Après quelques mots sur sa santé, la pluie dehors et quelques factures impayées que j'avais trouvées dans sa maison de West Seattle, nous nous sommes tus. On pourrait penser que des émotions et des mots jailliraient de nos âmes à un moment comme celui-ci. Le temps était compté. Il serait bientôt mort. C'etait maintenant ou jamais.

Au lieu de parler, nous avons juste regardé le match en silence.

De temps en temps, les lumières d'un train Link cliquetant passaient par la fenêtre près de son lit. La ligne de tramway venait juste de commencer à fonctionner. La pièce dans laquelle nous nous trouvions avait un tapis étonnamment moche et des panneaux de plafonniers oppressants. Quand je m'ennuyais des images sportives à la télévision, je fixais mon téléphone. J'enverrais un texto à un ami pour me rencontrer pour prendre un verre plus tard dans la nuit.


Flickr (Rodrigo Basaure)

À un moment donné, j'ai supplié mon père: notre temps ensemble ne serait-il pas mieux utilisé si nous regardions une chaîne d'information ou un talk-show, quelque chose dont nous pourrions discuter ensemble? Il est né et a grandi en Afrique australe. Que savait-il de ce passe-temps entièrement américain? S'il y prêtait attention (je n'avais honnêtement aucune idée d'où était sa tête à tout moment), le la lenteur, l'enchevêtrement épais des règles et le manque d'action dans le jeu doivent être aussi stupides pour lui qu'un rocher sur une assiette. J'ai proposé de changer de chaîne.
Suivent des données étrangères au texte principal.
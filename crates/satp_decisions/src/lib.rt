//! What each call of a gateway comes to, by its tests in their order: a refusal, or a decision that is still to be carried out. The tests look at the records alone, and no site is called.
#![tactic(auto)]

mod addressed;
mod hearing;
mod on_chain;
mod own;
mod recovering;

pub use hearing::message;
pub use own::{abort, rescue, start, work};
« Non, il ne reste que 2 manches. Je veux le voir jusqu'au bout.

J'ai été complètement pris par surprise.

« Vous connaissez le baseball? » J'ai dit.

"Oui beaucoup."

«Mais comment connaissez-vous le baseball? Du simple fait de le regarder à la télévision? »

Tout ce que je pouvais faire était de fixer cet étranger dans le lit, de fixer son long front et de me demander quelles autres choses étranges étaient stockées dans son cerveau.

"Non, on m'a appris le jeu quand j'étais élève à l'école Old Mutare Mission", a-t-il déclaré, faisant référence à sa première éducation dans les années 1950. « Il y avait un professeur américain qui n'aimait pas le cricket, alors il a décidé de nous enseigner le baseball. Il nous emmenait sur le terrain, posait les bases et nous jouions au ballon. Il s'appelait Clendon.

« Donc, vous connaissez toutes les règles? »

« Oui, je le veux… Soit dit en passant, ce match est très serré, mais je pense que les Yankees vont gagner. Ils ont de meilleurs frappeurs.

Tout ce que je pouvais faire était de fixer cet étranger dans le lit, de fixer son long front et de me demander quelles autres choses étranges étaient stockées dans son cerveau. Plus étonnant encore, il s'est avéré avoir une compréhension plus profonde du jeu que moi. Il avait raison. Les Yankees étaient la meilleure équipe. Ils ont gagné 3-1 ce soir-là.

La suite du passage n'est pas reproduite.